- [What to produce]
Answer with a number only: how many lines of the entries below contain the word "string"?

[Stored entries]
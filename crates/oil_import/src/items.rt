//! OIL: grammar. Tokens to items: objects and attributes by the depth of braces.

use crate::attributes::kind_of;
use crate::reasons;
use crate::sources::Place;
use crate::tokens::{Lexeme, Token};
use std::alloc::{AllocError, Global};

/// What stands behind the first word of an item.
#[derive(Clone, Copy)]
pub(crate) enum Written<'a> {
    Nothing,
    /// Another word, as an object's name.
    Name(&'a str),
    /// `=` and a word.
    Word(&'a str),
    /// `=` and a string.
    Text(&'a [u8]),
}

/// What stands between two semicolons or braces: an object or an attribute.
#[derive(Clone, Copy)]
pub(crate) struct Item<'a> {
    /// How many braces are open round it.
    pub depth: usize,
    pub place: Place,
    /// Its first word.
    pub word: &'a str,
    pub written: Written<'a>,
    /// The place of what is written.
    pub written_place: Place,
    /// The place of its closing brace or semicolon.
    pub end: Place,
    /// Where it isn't of its form, and why.
    pub fault: Option<(Place, &'static str)>,
}

/// The value of the first attribute of that word at that depth.
pub(crate) fn value_in<'a>(items: &[Item<'a>], depth: usize, word: &str) -> Option<&'a str> {
    for item in items {
        if item.depth == depth && item.word == word {
            return match item.written {
                Written::Word(value) => Some(value),
                _ => None,
            };
        }
    }
    None
}

/// Takes `KIND = NAME` among the objects of a CPU as some tools mean it: it declares an object.
pub(crate) fn declare_assigned(items: &mut Vec<Item<'_>>) {
    for item in items.iter_mut() {
        if let (1, Written::Word(name)) = (item.depth, item.written) {
            if kind_of(item.word).is_some() {
                item.written = Written::Name(name);
            }
        }
    }
}

/// How far an item is read.
#[derive(Clone, Copy)]
enum Reading {
    /// Nothing of it.
    Begin,
    /// Its first word.
    Word,
    /// The `=`.
    Equals,
    /// A word or string behind the first word.
    Written,
    /// The colon before a description.
    Colon,
    /// Its description, or its block: what follows is a semicolon.
    Done,
    /// Something that can't stand there, up to the next semicolon or brace.
    Lost,
}

/// The items of the tokens so far.
#[derive(Drop)]
struct Reader<'a> {
    items: Vec<Item<'a>>,
    /// The numbers of the items whose braces are open, the innermost last.
    open: Vec<usize>,
    reading: Reading,
}

impl<'a> Reader<'a> {
    /// Begins an item.
    fn begin(&mut self, place: Place, word: &'a str) -> Result<(), AllocError> {
        self.items.push(Item {
            depth: self.open.len(),
            place,
            word,
            written: Written::Nothing,
            written_place: place,
            end: place,
            fault: None,
        })?;
        self.reading = Reading::Word;
        Ok(())
    }

    /// Tells that the last item isn't of its form. Of several faults the first counts.
    fn fail(&mut self, place: Place, reason: &'static str) {
        self.reading = Reading::Lost;
        if let Some(item) = self.items.last_mut() {
            if item.fault.is_none() {
                item.fault = Some((place, reason));
            }
        }
    }

    /// An item that is a fault alone.
    fn fail_alone(
        &mut self,
        place: Place,
        word: &'a str,
        reason: &'static str,
    ) -> Result<(), AllocError> {
        self.begin(place, word)?;
        self.fail(place, reason);
        Ok(())
    }

    /// Something stands where it can't, behind the beginning of an item or by itself.
    fn misplace(
        &mut self,
        place: Place,
        word: &'a str,
        reason: &'static str,
    ) -> Result<(), AllocError> {
        match self.reading {
            Reading::Begin | Reading::Done => self.fail_alone(place, word, reason),
            _ => {
                self.fail(place, reason);
                Ok(())
            }
        }
    }

    /// What is written behind the first word.
    fn write(&mut self, place: Place, written: Written<'a>) {
        self.reading = Reading::Written;
        if let Some(item) = self.items.last_mut() {
            item.written = written;
            item.written_place = place;
        }
    }

    fn word(&mut self, place: Place, word: &'a str) -> Result<(), AllocError> {
        match self.reading {
            Reading::Begin | Reading::Done => self.begin(place, word),
            Reading::Word => {
                self.write(place, Written::Name(word));
                Ok(())
            }
            Reading::Equals => {
                self.write(place, Written::Word(word));
                Ok(())
            }
            _ => self.misplace(place, word, reasons::MISPLACED),
        }
    }

    fn text(&mut self, place: Place, text: &'a [u8]) -> Result<(), AllocError> {
        match self.reading {
            Reading::Equals => self.write(place, Written::Text(text)),
            Reading::Colon => self.reading = Reading::Done,
            _ => return self.misplace(place, "\"", reasons::MISPLACED),
        }
        Ok(())
    }

    fn equals(&mut self, place: Place) -> Result<(), AllocError> {
        if self.reading != Reading::Word {
            return self.misplace(place, "=", reasons::MISPLACED);
        }
        self.reading = Reading::Equals;
        Ok(())
    }

    fn colon(&mut self, place: Place) -> Result<(), AllocError> {
        match self.reading {
            Reading::Word | Reading::Written | Reading::Done => {
                self.reading = Reading::Colon;
                Ok(())
            }
            _ => self.misplace(place, ":", reasons::MISPLACED),
        }
    }

    /// An item's end, where it has no braces.
    fn semicolon(&mut self, place: Place) {
        match self.reading {
            Reading::Begin | Reading::Done => {}
            Reading::Equals => self.fail(place, reasons::NO_VALUE),
            Reading::Colon => self.fail(place, reasons::MISPLACED),
            _ => {}
        }
        if self.reading != Reading::Done {
            self.end(place);
        }
        self.reading = Reading::Begin;
    }

    /// The place of the end of the last item.
    fn end(&mut self, place: Place) {
        if let Some(item) = self.items.last_mut() {
            item.end = place;
        }
    }

    /// An opening brace.
    fn open(&mut self, place: Place) -> Result<(), AllocError> {
        match self.reading {
            Reading::Begin | Reading::Done => self.fail_alone(place, "{", reasons::MISPLACED)?,
            Reading::Equals => self.fail(place, reasons::NO_VALUE),
            Reading::Colon => self.fail(place, reasons::MISPLACED),
            Reading::Word | Reading::Written | Reading::Lost => {}
        }
        let number = self.items.len().saturating_sub(1);
        self.open.push(number)?;
        self.reading = Reading::Begin;
        Ok(())
    }

    /// A closing brace, which is the end of the item that it closes.
    fn close(&mut self, place: Place) -> Result<(), AllocError> {
        match self.reading {
            Reading::Begin | Reading::Done => {}
            _ => self.semicolon(place),
        }
        let Some(number) = self.open.pop() else {
            self.fail_alone(place, "}", reasons::NOTHING_TO_CLOSE)?;
            self.reading = Reading::Done;
            return Ok(());
        };
        if let Some(item) = self.items.get_mut(number) {
            item.end = place;
        }
        self.reading = Reading::Done;
        Ok(())
    }

    /// A line of the preprocessor. Between items it ends with the line.
    fn directive(&mut self, place: Place) -> Result<(), AllocError> {
        let reading = self.reading;
        self.misplace(place, "#", reasons::DIRECTIVE)?;
        if reading == Reading::Begin || reading == Reading::Done {
            self.reading = reading;
        }
        Ok(())
    }

    fn take(&mut self, token: Token<'a>) -> Result<(), AllocError> {
        let place = token.place;
        match token.lexeme {
            Lexeme::Word(word) => self.word(place, word),
            Lexeme::Text(text) => self.text(place, text),
            Lexeme::Equals => self.equals(place),
            Lexeme::Colon => self.colon(place),
            Lexeme::Open => self.open(place),
            Lexeme::Close => self.close(place),
            Lexeme::Semicolon => {
                self.semicolon(place);
                Ok(())
            }
            Lexeme::Directive => self.directive(place),
            Lexeme::Unended => self.misplace(place, "?", reasons::UNENDED),
            Lexeme::Include(_) | Lexeme::Other => self.misplace(place, "?", reasons::NO_TOKEN),
        }
    }
}

/// The items of tokens, up to a text's end. An item that isn't of its form tells it.
pub(crate) fn items_of<'a>(
    alloc: Global,
    tokens: &[Token<'a>],
    end: Place,
) -> Result<Vec<Item<'a>>, AllocError> {
    let mut reader = Reader {
        items: Vec::new(alloc),
        open: Vec::new(alloc),
        reading: Reading::Begin,
    };
    for token in tokens {
        reader.take(*token)?;
    }
    match reader.reading {
        Reading::Begin | Reading::Done => {}
        _ => reader.fail(end, reasons::MISPLACED),
    }
    if !reader.open.is_empty() {
        reader.open.clear();
        reader.fail_alone(end, "}", reasons::NOT_CLOSED)?;
    }
    Ok(reader.items)
}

- [Answer for this exercise]
2